I'm not exactly sure what you mean by
if i go through beforehand and match and modify the emails based on a separate regular expression, the original funtion still matches the url regular expression and gets hyperlinked again

If you're regex finds an e-mail can't you just flag it and stop checking for url's?

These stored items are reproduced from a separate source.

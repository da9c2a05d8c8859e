// Runs many cases in one go: reads them one after the other from standard input, each an octet of
// operation, four octets of length and a body, and writes a line for each. tests/README.md says what
// the cases and their lines are.
#![tactic(auto)]

mod papers; // requests and slips
mod parts; // parts of a response
mod runs; // runs over a cache
mod say; // what is written

use std::io;
use std::io::Read;

// The line of the desk program.
fn say_desk(rt: &impl Print, body: &[u8]) -> io::Result<()> {
    let mut line = [0u8; 175];
    let n = desk_line::line_for(body, &mut line);
    say::say(rt, &line[..n])
}

// The place that the answer carries; - where it carries none.
fn say_asked(rt: &impl Print, question: &[u8], response: &[u8]) -> io::Result<()> {
    match desk_case::ask(question, response).place {
        Some(place) => say::say_line(rt, place as u64),
        None => say::say(rt, b"-\n"),
    }
}

// The same for the desk program's input: a question, and then the response to the end.
fn say_place(rt: &impl Print, body: &[u8]) -> io::Result<()> {
    match body.split_at_checked(353) {
        Some((question, response)) => say_asked(rt, question, response),
        None => say_asked(rt, body, &[]),
    }
}

fn say_case(rt: &impl Print, operation: u8, body: &[u8]) -> io::Result<()> {
    match operation {
        1 => say_desk(rt, body),
        2 => parts::say_signed(rt, body),
        3 => parts::say_signature(rt, body),
        4 => parts::say_step(rt, body),
        5 => papers::say_request(rt, body),
        6 => papers::say_read(rt, body),
        7 => papers::say_written(rt, body),
        8 => runs::say_run(rt, body),
        9 => parts::say_responder(rt, body),
        10 => say_place(rt, body),
        _ => say::say(rt, b"-\n"),
    }
}

// Fills the buffer from what is read; whether there was enough. Where a read fails the run ends with its
// error.
fn read_full<R: Read>(reader: &mut R, out: &mut [u8]) -> io::Result<bool> {
    match reader.read_exact(out) {
        Ok(()) => Ok(true),
        Err(error) if error.kind() == io::ErrorKind::UnexpectedEof => Ok(false),
        Err(error) => Err(error),
    }
}

// Reads a body of n octets into the space that is lent, and writes its line; whether it was there.
fn one_body<R: Read>(
    rt: &impl Print,
    reader: &mut R,
    operation: u8,
    n: usize,
    space: &mut [u8],
) -> io::Result<bool> {
    if space.len() < n {
        return Ok(false);
    }
    if !read_full(reader, &mut space[..n])? {
        return Ok(false);
    }
    say_case(rt, operation, &space[..n])?;
    Ok(true)
}

// Reads one case and writes its line; whether there was one.
fn one_case<R: Read>(rt: &impl Print, reader: &mut R) -> io::Result<bool> {
    let mut head = [0u8; 5];
    if !read_full(reader, &mut head)? {
        return Ok(false);
    }
    let Some(size) = octets::number_at(&head, 1, 4) else {
        return Ok(false);
    };
    let mut space = [0u8; 131072];
    one_body(rt, reader, head[0], size as usize, &mut space)
}

// A proved loop has to end, so it counts its turns, up to a number that no run reaches.
fn main(rt: HostRuntime) -> io::Result<()> {
    let mut stdin = rt.stdin();
    for _ in 0..u64::MAX {
        if !one_case(&rt, &mut stdin)? {
            break;
        }
    }
    Ok(())
}
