// The operations on requests and slips. An answer in a case is 89 octets: kind 1, card 61, thisUpdate
// 8, nextUpdate 8, revocationTime 8, reason 1 (FF if absent), number 1, status 1; what the kind does not
// have is 0.
use crate::say;
use answer::{Answer, Card, Verdict};
use std::io;

// Writes a request into a buffer, and what it holds then.
fn request_in(rt: &impl Print, card: Card, out: &mut [u8]) -> io::Result<()> {
    let output = request::write_request(card, out);
    say::say_output(rt, out, output)
}

// The request for a card, in a buffer whose size follows the card.
pub(crate) fn say_request(rt: &impl Print, body: &[u8]) -> io::Result<()> {
    let card = fields::card_in(body);
    let size = fields::value_at(body, 61, 1) as usize;
    let mut space = [0u8; 255];
    if size <= 255 {
        request_in(rt, card, &mut space[..size])?;
    }
    Ok(())
}

// A verdict from its octets in a case.
fn verdict_in(body: &[u8]) -> Verdict {
    let this = fields::value_at(body, 62, 8);
    let next = fields::value_at(body, 70, 8);
    match fields::value_at(body, 0, 1) {
        1 => Verdict::Good { this, next },
        2 => Verdict::Revoked {
            this,
            next,
            at: fields::value_at(body, 78, 8),
            reason: reason_in(body),
        },
        3 => Verdict::Unknown { this, next },
        _ => refusal_in(body),
    }
}

fn reason_in(body: &[u8]) -> Option<u8> {
    if body.len() < 89 || body[86] == 255 {
        return None;
    }
    Some(body[86])
}

fn refusal_in(body: &[u8]) -> Verdict {
    if body.len() < 89 {
        return Verdict::Refused {
            number: 0,
            status: 0,
        };
    }
    Verdict::Refused {
        number: body[87],
        status: body[88],
    }
}

// Writes a slip into a buffer, and what it holds then.
fn slip_in(rt: &impl Print, answer: Answer, out: &mut [u8]) -> io::Result<()> {
    let output = slip_write::write_slip(answer, out);
    say::say_output(rt, out, output)
}

// The slip of an answer, in a buffer whose size follows the answer.
pub(crate) fn say_written(rt: &impl Print, body: &[u8]) -> io::Result<()> {
    if body.len() < 90 {
        return say::say(rt, b"short\n");
    }
    let answer = Answer {
        verdict: verdict_in(body),
        card: fields::card_in(&body[1..]),
        place: None,
    };
    let size = body[89] as usize;
    let mut space = [0u8; 255];
    if size <= 255 {
        slip_in(rt, answer, &mut space[..size])?;
    }
    Ok(())
}

// A card as 61 octets.
fn say_card(rt: &impl Print, card: Card) -> io::Result<()> {
    say::say_hex(rt, &card.name)?;
    say::say_hex(rt, &card.key)?;
    say::say_octets(rt, card.size as u64, 1)?;
    say::say_hex(rt, &card.serial)
}

fn say_reason(rt: &impl Print, reason: Option<u8>) -> io::Result<()> {
    say::say_octets(rt, reason.unwrap_or(255) as u64, 1)
}

// An accepted answer.
fn say_answer(rt: &impl Print, kind: u64, card: Card, this: u64, next: u64) -> io::Result<()> {
    say::say_octets(rt, kind, 1)?;
    say_card(rt, card)?;
    say::say_octets(rt, this, 8)?;
    say::say_octets(rt, next, 8)
}

// An answer that is no refusal, in hex.
pub(crate) fn say_said(rt: &impl Print, card: Card, verdict: Verdict) -> io::Result<()> {
    match verdict {
        Verdict::Good { this, next } => {
            say_answer(rt, 1, card, this, next)?;
            say::say(rt, b"0000000000000000000000")
        }
        Verdict::Unknown { this, next } => {
            say_answer(rt, 3, card, this, next)?;
            say::say(rt, b"0000000000000000000000")
        }
        Verdict::Revoked {
            this,
            next,
            at,
            reason,
        } => {
            say_answer(rt, 2, card, this, next)?;
            say::say_octets(rt, at, 8)?;
            say_reason(rt, reason)?;
            say::say(rt, b"0000")
        }
        Verdict::Refused { .. } => Ok(()),
    }
}

// What a slip says, as an answer in hex.
pub(crate) fn say_read(rt: &impl Print, body: &[u8]) -> io::Result<()> {
    let answer = slip_read::read_slip(body);
    say_said(rt, answer.card, answer.verdict)?;
    match answer.verdict {
        Verdict::Refused { number, status } => say_refused(rt, number, status),
        Verdict::Good { .. } | Verdict::Unknown { .. } | Verdict::Revoked { .. } => {
            say::say(rt, b"\n")
        }
    }
}

// A refusal as an answer, or that the slip breaks the slip rules.
fn say_refused(rt: &impl Print, number: u8, status: u8) -> io::Result<()> {
    if number == 17 {
        return say::say(rt, b"r17\n");
    }
    say::say_octets(rt, 4, 1)?;
    let card = answer::empty_card();
    say_card(rt, card)?;
    say::say_octets(rt, 0, 8)?;
    say::say_octets(rt, 0, 8)?;
    say::say_octets(rt, 0, 8)?;
    say::say_octets(rt, 0, 1)?;
    say::say_octets(rt, number as u64, 1)?;
    say::say_octets(rt, status as u64, 1)?;
    say::say(rt, b"\n")
}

It would be easier if you could post your function(s).

mikelai

5:14 am on Oct 27, 2009 (gmt 0)

10+ Year Member



okay here's the code, although it might be a little hard to understand:

function hyperlink($text) {

// match http:// or https:// + domain + any url permitted character (assumes encoded properly)
$full_url_reg_ex = "(http(s)?:\/\/)[A-Za-z0-9-.]+([\/A-Za-z0-9-_.~\?&=%#@;:,\+])*";

// match domain ending in most common TLDs + optional (/ + any url permitted character)
$common_tld_reg_ex = "[A-Za-z0-9-.]+(\.com¦\.edu¦\.org¦\.gov¦\.net¦\.biz)([\/]([\/A-Za-z0-9-_.~\?&=%#@;:,\+])*)?";

// match either of the above cases (http://www.google.com OR google.com) -- use "e" modifier to utilize add_http function
$text = preg_replace("/(".$full_url_reg_ex.")¦(".$common_tld_reg_ex.")¦(^".$common_tld_reg_ex.")/ie", "'<a href=\"'.add_http('\\0').'\" target=\"_blank\">\\0</a>'", $text);

return $text;
}

so basically the function works on hyperlinking anything that looks like a url. the problem is that it hyperlinks the domain part of an email address as well. i actually want to hyperlink email addresses separately (using the mailto: syntax), so is there any way i can add something to the function that will treat an email addresses separately? and after the email addresses are hyperlinked, to prevent the resulting code from then being hyperlinked by the function i pasted above?

mikelai

5:15 am on Oct 27, 2009 (gmt 0)

10+ Year Member



okay here's the code, although it might be a little hard to understand:

function hyperlink($text) {

// match http:// or https:// + domain + any url permitted character (assumes encoded properly)
$full_url_reg_ex = "(http(s)?:\/\/)[A-Za-z0-9-.]+([\/A-Za-z0-9-_.~\?&=%#@;:,\+])*";

// match domain ending in most common TLDs + optional (/ + any url permitted character)
$common_tld_reg_ex = "[A-Za-z0-9-.]+(\.com¦\.edu¦\.org¦\.gov¦\.net¦\.biz)([\/]([\/A-Za-z0-9-_.~\?&=%#@;:,\+])*)?";

// match either of the above cases (http://www.google.com OR google.com) -- use "e" modifier to utilize add_http function
$text = preg_replace("/(".$full_url_reg_ex.")¦(".$common_tld_reg_ex.")¦(^".$common_tld_reg_ex.")/ie", "'<a href=\"'.add_http('\\0').'\" target=\"_blank\">\\0</a>'", $text);

return $text;
}

so basically the function works on hyperlinking anything that looks like a url. the problem is that it hyperlinks the domain part of an email address as well. i actually want to hyperlink email addresses separately (using the mailto: syntax), so is there any way i can add something to the function that will treat an email addresses separately? and after the email addresses are hyperlinked, to prevent the resulting code from then being hyperlinked by the function i pasted above?

Zipper

6:05 am on Oct 27, 2009 (gmt 0)

10+ Year Member



Ok, so this code only checks for hyperlinks. To check for e-mails you can do something like,

$email_reg_ex = '/^([a-z0-9])(([-a-z0-9._])*([a-z0-9]))*\@([a-z0-9])(([a-z0-9-])*([a-z0-9]))+' . '(\.([a-z0-9])([-a-z0-9_-])?([a-z0-9])+)+$/i';
if(preg_match($email_reg_ex, $text)){
// it's an e-mail..
} else {
// check for valid url using your code
}

You might also want to check the filter_var [php.net] function to validate an e-mail address more easily.

mikelai

6:53 am on Oct 27, 2009 (gmt 0)

10+ Year Member



the problem is that $text might have multiple urls and emails in it. if i use an if / else statement, i will only be able to check for one or the other. is there any way i can run a function to convert both urls AND emails in the post?

i could run two different functions in sequence, but then i run into the problem i mentioned before -- that the domain part of the email address gets hyperlinked twice, resulting in garbled html code.